After discussion with Heather and Geert at the AND it turned out to be even more complicated than this, as some of the references are further split into subvolumes using a slash and a Roman numeral, so we have things like ‘15/i,108b’ which then needs to link to https://apps.atilf.fr/lecteurFEW/lire/volume/151/page/108.  It took some time to write a script that could cope with all of these quirks, but I got there in the end.

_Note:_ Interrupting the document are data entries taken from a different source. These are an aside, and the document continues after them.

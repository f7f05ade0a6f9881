//! A prefix of a text, in one list.
ghost use Rattle.std.specs.Prelude.{◌≡◌, ◌≤◌, ◌<◌, ◌+◌, ◌*◌, IfErr, IfOk, length, true};
ghost use Rattle.rap_base.specs.declared.edition.Edition.{Edition};
ghost use Rattle.rap_base.specs.Limits.{max_tokens};
ghost use Rattle.rap_events.specs.Cover.{covers};
ghost use Rattle.rap_events.specs.Forest.{flat, used};
ghost use Rattle.rap_lexed.specs.Input.{records};
ghost use Rattle.rap_c.specs.FrontNodes.{IsFilledFront, IsFrontNodes, IsOutputList};
ghost use Rattle.rap_c.specs.Listed.{rooms_of};
ghost use Rattle.rap_c.specs.Nodes.{AreNodesUntouched, IsNodesRefusal};
ghost use Rattle.rap_c.specs.Prefix.{ComesOfFront, ComesOfPrefix};

use crate::answer::{Fault, NO_TREE};
use crate::element::{RapElement, RapMessage, RapNodesAnswer, settle_nodes};
use crate::nodes::fill_list;
use crate::numbers::{edition_of, prefix_entry_of};
use crate::reading::{read, text_of};
use ra_ap_parser::{Edition, LexedStr, Output, ParseFault, PrefixEntryPoint, is_one_tree};
use rap_lexed::used::used_bytes;
use std::alloc::Global;

/// Fills the rooms with the tree that the output is, trivia put back, and with the parser's messages; where it is no
/// tree, with nothing.
pub fn fill_one_tree(
    lexed: &LexedStr<'_>,
    output: &Output,
    elements: &mut [RapElement],
    messages: &mut [RapMessage],
    bytes: &mut [u8],
) -> RapNodesAnswer
    requires prefix { (edition : Edition) × (covers (records lexed.now.tokens edition) output.now ≡ true) }
    requires few { length (flat output.now) ≤ 256 * (max_tokens + 1) }
    requires used { used output.now ≤ max_tokens }
    ensures { IsOutputList lexed.now.tokens output.now (rooms_of elements.old messages.old bytes.old) (rooms_of elements.new messages.new bytes.new) result }
{
    let used = used_bytes(lexed, output);
    if is_one_tree(output) {
        fill_list(lexed, output, &[], used, elements, messages, bytes)
    } else {
        RapNodesAnswer {
            status: NO_TREE,
            elements: 0,
            messages: 0,
            message_bytes: 0,
            used,
        }
    }
}

/// Parses a prefix of the text, and fills the rooms with it.
fn fill_front(
    alloc: Global,
    edition: Edition,
    entry: PrefixEntryPoint,
    text: &str,
    elements: &mut [RapElement],
    messages: &mut [RapMessage],
    bytes: &mut [u8],
) -> Result<RapNodesAnswer, Fault>
    ensures filled { IfOk result (IsFilledFront text.now edition entry (rooms_of elements.old messages.old bytes.old) (rooms_of elements.new messages.new bytes.new)) }
    ensures fault { IfErr result (ComesOfFront text.now edition) }
    ensures untouched { IfErr result (λ _. AreNodesUntouched (rooms_of elements.old messages.old bytes.old) (rooms_of elements.new messages.new bytes.new)) }
{
    let reading = read(alloc, edition, text)?;
    match entry.parse(alloc, &reading.input) {
        Ok(output) => Ok(fill_one_tree(&reading.lexed, &output, elements, messages, bytes)),
        Err(ParseFault::TooManyTokens) => Err(Fault::TooManyTokens),
        Err(ParseFault::NoMemory) => Err(Fault::NoMemory),
    }
}

/// Reads the numbers and the bytes, and fills the rooms.
fn prefix_nodes(
    alloc: Global,
    text: &[u8],
    edition: u32,
    entry: u32,
    elements: &mut [RapElement],
    messages: &mut [RapMessage],
    bytes: &mut [u8],
) -> Result<RapNodesAnswer, Fault>
    ensures filled { IfOk result (IsFrontNodes text.now edition entry (rooms_of elements.old messages.old bytes.old) (rooms_of elements.new messages.new bytes.new)) }
    ensures fault { IfErr result (ComesOfPrefix text.now edition entry) }
    ensures untouched { IfErr result (λ _. AreNodesUntouched (rooms_of elements.old messages.old bytes.old) (rooms_of elements.new messages.new bytes.new)) }
{
    let edition = edition_of(edition)?;
    let entry = prefix_entry_of(entry)?;
    let text = text_of(text)?;
    fill_front(alloc, edition, entry, text, elements, messages, bytes)
}

/// Parses a prefix of the text from the prefix entry with this number, and fills the slices with the nodes and leaves of
/// its tree in preorder, trivia put back, with its messages, and with their bytes. Where it is not one tree the status
/// is 1, and nothing is written. Returns how many of each there are, and where what was read ends.
#[unsafe(no_mangle)]
pub extern "C" fn rap_prefix_nodes(
    alloc: Global,
    text: &[u8],
    edition: u32,
    entry: u32,
    elements: &mut [RapElement],
    messages: &mut [RapMessage],
    bytes: &mut [u8],
) -> RapNodesAnswer
    ensures prefix { result.status ≤ 1 → IsFrontNodes text.now edition entry (rooms_of elements.old messages.old bytes.old) (rooms_of elements.new messages.new bytes.new) result }
    ensures refused { 1 < result.status → IsNodesRefusal (ComesOfPrefix text.now edition entry) result × AreNodesUntouched (rooms_of elements.old messages.old bytes.old) (rooms_of elements.new messages.new bytes.new) }
{
    settle_nodes(prefix_nodes(alloc, text, edition, entry, elements, messages, bytes))
}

Also this week I updated the citation dates so they now display their full information with ‘MS:’ where required and superscript text.  I then finished work on the commentaries, adding in all of the required formatting (bold, italic, superscript etc) and links to other AND entries and out to other dictionaries.  Where the commentaries are longer than a few lines they are cut off and an ‘expand’ button is shown.  I also updated the ‘Results’ tab so it shows you the number of results in the tab header and have added in the ‘entry log’ feature that tracks which entries you have looked at in a session.  The number of these also appears in the tab header and I’m personally finding it a very useful feature as I navigate around the entries for test purposes.  The log entries appear in the order you opened them and there is no scrolling of entries as I would imagine most people are unlikely to have more than 20 or so listed.  You can always clear the log by pressing on the ‘Clear’ button.  I also updated the entry page so that the cross references in the ‘browse’ now work.  If the entry has a single cross reference then this is automatically displayed when you click on its headword in the ‘browse’, with a note at the top of the page stating it’s a cross reference.  If the entry has multiple cross references these are not all displayed but instead links to each entry are displayed.  There are two reasons for this:  Firstly, displaying multiple entries can result in long and complicated pages that may be hard to navigate; secondly, the entry page as it currently stands was designed to display one entry, and uses HTML IDs to identify certain elements.  An HTML ID must be unique on a page so if multiple entries were displayed things would break.  There is still a lot of work to do on the site, but the entry page is at least nearing completion.  Below is a screenshot showing the entry log, the cognate references and the commentary complete with formatting and the ‘Expand’ option:

I did also work on some other projects this week as well.  For Books and Borrowing I set up a user account for a volunteer and talked her through getting access to the system.  For the Mull / Ulva site I automatically generated historical forms for all of the place-names that had come from the GB1900 crowdsourced data.  These are now associated with the ‘OS 6 inch 2nd edn’ source and about 1670 names have been updated, although many of these are abbreviations like ‘F.P.’.  I also updated the database and the CMS to incorporate a new field for deciding which ‘front-end’ the place-name will be displayed on.  This is a drop-down list that can be selected when adding or editing a place-name, allowing you to choose from ‘Both’, ‘Mull / Ulva only’ and ‘Iona only’.  There is still a further option for stating whether the place-name appears on the website or not (‘on website: Y/N’) so it will be possible to state that a place-name is associated with one project but shouldn’t appear on that project’s website.  I also updated the search option on the ‘Browse placenames’ page to allow a user to limit the displayed placenames to those that have ‘front-end display’ set to one of the options.  Currently all place-names are set to ‘Mull / Ulva only’.  With this all in place I then created user accounts for the CMS for all of the members of the Iona project team who will be using this CMS to work with the data.  I also made a few further tweaks to the search results page of the DSL.  After all of this I was very glad to get away for a holiday.